Would you repeat exactly the part of the listing below that runs from the line containing "const GRAIN: i64 = 1_048_576;" down to the line containing "u32) -> Ends", inclusive, and nothing else?

▶ [SOURCE DATA]
-------------------------

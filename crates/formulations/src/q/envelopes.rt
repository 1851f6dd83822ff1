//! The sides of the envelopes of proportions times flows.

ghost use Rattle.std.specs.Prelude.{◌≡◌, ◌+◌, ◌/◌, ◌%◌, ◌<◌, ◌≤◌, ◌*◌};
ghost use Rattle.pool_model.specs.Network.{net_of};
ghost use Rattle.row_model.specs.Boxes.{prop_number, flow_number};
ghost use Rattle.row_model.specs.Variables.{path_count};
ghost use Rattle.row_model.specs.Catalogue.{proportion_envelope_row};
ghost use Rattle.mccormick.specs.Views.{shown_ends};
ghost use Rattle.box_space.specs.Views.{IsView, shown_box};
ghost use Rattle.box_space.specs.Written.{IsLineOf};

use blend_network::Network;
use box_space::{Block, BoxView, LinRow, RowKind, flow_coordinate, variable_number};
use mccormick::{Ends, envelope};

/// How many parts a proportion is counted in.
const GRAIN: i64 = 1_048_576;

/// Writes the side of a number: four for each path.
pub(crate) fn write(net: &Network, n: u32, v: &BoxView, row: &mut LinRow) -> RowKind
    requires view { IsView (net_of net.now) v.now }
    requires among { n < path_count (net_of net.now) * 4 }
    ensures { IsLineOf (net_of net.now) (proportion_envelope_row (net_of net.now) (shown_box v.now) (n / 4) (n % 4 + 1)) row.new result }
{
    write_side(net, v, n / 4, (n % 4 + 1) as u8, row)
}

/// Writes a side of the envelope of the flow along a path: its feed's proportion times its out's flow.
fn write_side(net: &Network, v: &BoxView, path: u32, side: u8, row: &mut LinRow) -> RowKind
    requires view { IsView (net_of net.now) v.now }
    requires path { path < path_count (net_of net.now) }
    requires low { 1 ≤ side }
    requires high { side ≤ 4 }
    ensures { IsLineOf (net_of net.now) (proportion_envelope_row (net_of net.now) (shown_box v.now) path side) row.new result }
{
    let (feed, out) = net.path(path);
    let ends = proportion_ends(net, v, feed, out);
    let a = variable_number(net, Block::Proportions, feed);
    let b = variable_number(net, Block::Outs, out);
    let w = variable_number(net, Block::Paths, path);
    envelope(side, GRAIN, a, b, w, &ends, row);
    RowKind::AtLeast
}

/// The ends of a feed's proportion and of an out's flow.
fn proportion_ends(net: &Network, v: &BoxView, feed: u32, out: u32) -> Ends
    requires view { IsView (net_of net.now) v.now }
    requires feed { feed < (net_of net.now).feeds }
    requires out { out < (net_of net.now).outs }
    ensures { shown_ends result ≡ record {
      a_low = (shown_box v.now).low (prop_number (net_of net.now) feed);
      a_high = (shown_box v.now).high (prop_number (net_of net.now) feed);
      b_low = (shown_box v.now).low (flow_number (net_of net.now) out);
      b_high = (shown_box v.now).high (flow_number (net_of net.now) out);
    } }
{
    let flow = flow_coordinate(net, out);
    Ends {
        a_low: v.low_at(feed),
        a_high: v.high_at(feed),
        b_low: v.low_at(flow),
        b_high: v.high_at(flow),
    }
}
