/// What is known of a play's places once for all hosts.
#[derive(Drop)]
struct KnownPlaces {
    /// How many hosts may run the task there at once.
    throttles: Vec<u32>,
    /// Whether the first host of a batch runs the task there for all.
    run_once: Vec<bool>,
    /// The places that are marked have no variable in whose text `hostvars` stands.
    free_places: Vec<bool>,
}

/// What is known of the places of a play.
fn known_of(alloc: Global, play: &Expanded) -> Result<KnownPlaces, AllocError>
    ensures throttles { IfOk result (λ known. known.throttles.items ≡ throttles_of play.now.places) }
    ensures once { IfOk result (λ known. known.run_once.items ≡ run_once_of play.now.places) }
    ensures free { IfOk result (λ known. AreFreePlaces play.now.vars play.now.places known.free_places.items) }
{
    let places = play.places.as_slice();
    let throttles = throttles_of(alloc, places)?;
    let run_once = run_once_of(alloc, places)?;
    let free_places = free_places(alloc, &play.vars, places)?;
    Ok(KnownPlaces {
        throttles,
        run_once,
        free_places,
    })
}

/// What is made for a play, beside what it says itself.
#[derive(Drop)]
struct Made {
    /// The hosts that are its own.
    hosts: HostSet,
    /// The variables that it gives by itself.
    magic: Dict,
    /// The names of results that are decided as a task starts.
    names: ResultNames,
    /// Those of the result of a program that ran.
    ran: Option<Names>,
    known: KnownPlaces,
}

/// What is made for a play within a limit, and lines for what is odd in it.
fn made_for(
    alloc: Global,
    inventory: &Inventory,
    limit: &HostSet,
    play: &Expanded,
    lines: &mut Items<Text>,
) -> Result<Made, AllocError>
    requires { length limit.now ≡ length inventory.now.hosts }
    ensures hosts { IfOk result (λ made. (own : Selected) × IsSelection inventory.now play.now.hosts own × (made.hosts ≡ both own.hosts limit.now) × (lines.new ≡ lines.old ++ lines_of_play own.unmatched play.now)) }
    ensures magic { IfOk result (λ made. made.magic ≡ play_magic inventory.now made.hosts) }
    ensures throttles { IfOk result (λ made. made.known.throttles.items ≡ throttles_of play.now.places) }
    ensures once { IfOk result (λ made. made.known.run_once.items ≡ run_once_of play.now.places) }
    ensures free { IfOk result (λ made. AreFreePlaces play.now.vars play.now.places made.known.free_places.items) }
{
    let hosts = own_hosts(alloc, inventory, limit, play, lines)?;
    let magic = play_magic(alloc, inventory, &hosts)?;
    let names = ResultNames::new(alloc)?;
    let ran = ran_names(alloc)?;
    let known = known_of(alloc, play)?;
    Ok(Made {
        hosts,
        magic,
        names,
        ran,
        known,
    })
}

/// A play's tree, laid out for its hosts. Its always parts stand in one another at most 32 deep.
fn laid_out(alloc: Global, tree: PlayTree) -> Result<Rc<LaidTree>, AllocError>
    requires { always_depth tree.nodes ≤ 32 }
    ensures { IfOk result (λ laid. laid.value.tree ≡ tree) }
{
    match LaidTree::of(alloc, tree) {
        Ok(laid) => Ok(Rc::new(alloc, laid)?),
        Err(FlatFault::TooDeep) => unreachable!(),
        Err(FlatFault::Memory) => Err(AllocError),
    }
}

-------------------------

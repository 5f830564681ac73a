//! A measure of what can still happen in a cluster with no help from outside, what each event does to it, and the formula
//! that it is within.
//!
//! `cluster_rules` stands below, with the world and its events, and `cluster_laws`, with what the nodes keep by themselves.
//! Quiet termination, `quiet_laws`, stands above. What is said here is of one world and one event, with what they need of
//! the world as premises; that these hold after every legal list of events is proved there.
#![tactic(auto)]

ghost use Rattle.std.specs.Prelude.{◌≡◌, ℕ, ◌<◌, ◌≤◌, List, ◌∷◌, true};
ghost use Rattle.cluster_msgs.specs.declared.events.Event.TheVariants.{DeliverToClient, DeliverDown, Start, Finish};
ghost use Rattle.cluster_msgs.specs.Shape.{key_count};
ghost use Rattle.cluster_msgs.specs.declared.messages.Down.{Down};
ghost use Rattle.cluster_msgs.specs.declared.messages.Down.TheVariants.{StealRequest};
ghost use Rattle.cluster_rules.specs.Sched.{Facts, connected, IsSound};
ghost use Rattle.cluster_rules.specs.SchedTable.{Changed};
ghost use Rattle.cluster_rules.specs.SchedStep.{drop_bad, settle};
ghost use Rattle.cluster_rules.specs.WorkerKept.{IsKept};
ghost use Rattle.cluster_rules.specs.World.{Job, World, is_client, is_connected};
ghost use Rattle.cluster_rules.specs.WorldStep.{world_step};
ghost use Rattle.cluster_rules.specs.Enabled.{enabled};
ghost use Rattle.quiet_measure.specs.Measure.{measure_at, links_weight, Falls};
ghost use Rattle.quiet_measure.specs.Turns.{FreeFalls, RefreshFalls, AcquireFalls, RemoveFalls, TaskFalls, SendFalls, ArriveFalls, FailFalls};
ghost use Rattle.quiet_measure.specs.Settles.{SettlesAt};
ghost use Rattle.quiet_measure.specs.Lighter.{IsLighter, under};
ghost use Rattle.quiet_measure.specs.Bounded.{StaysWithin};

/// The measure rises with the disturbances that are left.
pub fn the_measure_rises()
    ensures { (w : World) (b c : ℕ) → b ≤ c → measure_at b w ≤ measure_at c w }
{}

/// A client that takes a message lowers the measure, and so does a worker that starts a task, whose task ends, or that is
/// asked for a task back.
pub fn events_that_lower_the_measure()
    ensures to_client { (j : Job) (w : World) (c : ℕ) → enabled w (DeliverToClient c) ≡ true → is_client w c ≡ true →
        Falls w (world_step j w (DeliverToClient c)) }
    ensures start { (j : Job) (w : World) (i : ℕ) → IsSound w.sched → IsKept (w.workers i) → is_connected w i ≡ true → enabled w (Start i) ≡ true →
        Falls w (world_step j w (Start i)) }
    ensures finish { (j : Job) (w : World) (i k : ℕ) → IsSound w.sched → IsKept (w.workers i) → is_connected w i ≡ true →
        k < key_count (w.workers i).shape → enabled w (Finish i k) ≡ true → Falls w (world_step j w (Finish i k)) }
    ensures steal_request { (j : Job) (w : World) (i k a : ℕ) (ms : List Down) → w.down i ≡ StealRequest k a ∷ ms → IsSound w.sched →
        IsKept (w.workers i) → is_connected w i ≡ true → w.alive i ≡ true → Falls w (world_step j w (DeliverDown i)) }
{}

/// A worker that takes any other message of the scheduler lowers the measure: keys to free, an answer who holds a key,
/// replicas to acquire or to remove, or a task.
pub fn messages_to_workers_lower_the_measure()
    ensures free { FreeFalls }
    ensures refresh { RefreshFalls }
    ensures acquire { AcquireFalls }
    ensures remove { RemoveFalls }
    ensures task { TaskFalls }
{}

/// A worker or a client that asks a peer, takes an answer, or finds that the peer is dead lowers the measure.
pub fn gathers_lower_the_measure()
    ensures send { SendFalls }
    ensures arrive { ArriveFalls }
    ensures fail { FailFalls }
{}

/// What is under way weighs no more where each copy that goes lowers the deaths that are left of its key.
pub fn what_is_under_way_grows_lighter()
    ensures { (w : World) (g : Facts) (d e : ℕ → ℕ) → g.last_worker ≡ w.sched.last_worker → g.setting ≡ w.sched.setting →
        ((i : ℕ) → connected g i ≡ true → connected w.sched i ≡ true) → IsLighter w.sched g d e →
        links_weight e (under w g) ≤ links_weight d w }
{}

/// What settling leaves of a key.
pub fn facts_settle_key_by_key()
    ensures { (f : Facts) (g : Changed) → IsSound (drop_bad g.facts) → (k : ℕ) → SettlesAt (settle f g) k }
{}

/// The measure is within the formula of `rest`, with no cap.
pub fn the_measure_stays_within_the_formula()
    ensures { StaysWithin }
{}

-------------------------

▶ [RESPONSE AREA]
const GRAIN: i64 = 1_048_576;

/// Writes the side of a number: four for each path.
pub(crate) fn write(net: &Network, n: u32, v: &BoxView, row: &mut LinRow) -> RowKind
    requires view { IsView (net_of net.now) v.now }
    requires among { n < path_count (net_of net.now) * 4 }
    ensures { IsLineOf (net_of net.now) (proportion_envelope_row (net_of net.now) (shown_box v.now) (n / 4) (n % 4 + 1)) row.new result }
{
    write_side(net, v, n / 4, (n % 4 + 1) as u8, row)
}

/// Writes a side of the envelope of the flow along a path: its feed's proportion times its out's flow.
fn write_side(net: &Network, v: &BoxView, path: u32, side: u8, row: &mut LinRow) -> RowKind
    requires view { IsView (net_of net.now) v.now }
    requires path { path < path_count (net_of net.now) }
    requires low { 1 ≤ side }
    requires high { side ≤ 4 }
    ensures { IsLineOf (net_of net.now) (proportion_envelope_row (net_of net.now) (shown_box v.now) path side) row.new result }
{
    let (feed, out) = net.path(path);
    let ends = proportion_ends(net, v, feed, out);
    let a = variable_number(net, Block::Proportions, feed);
    let b = variable_number(net, Block::Outs, out);
    let w = variable_number(net, Block::Paths, path);
    envelope(side, GRAIN, a, b, w, &ends, row);
    RowKind::AtLeast
}

/// The ends of a feed's proportion and of an out's flow.
fn proportion_ends(net: &Network, v: &BoxView, feed: u32, out: u32) -> Ends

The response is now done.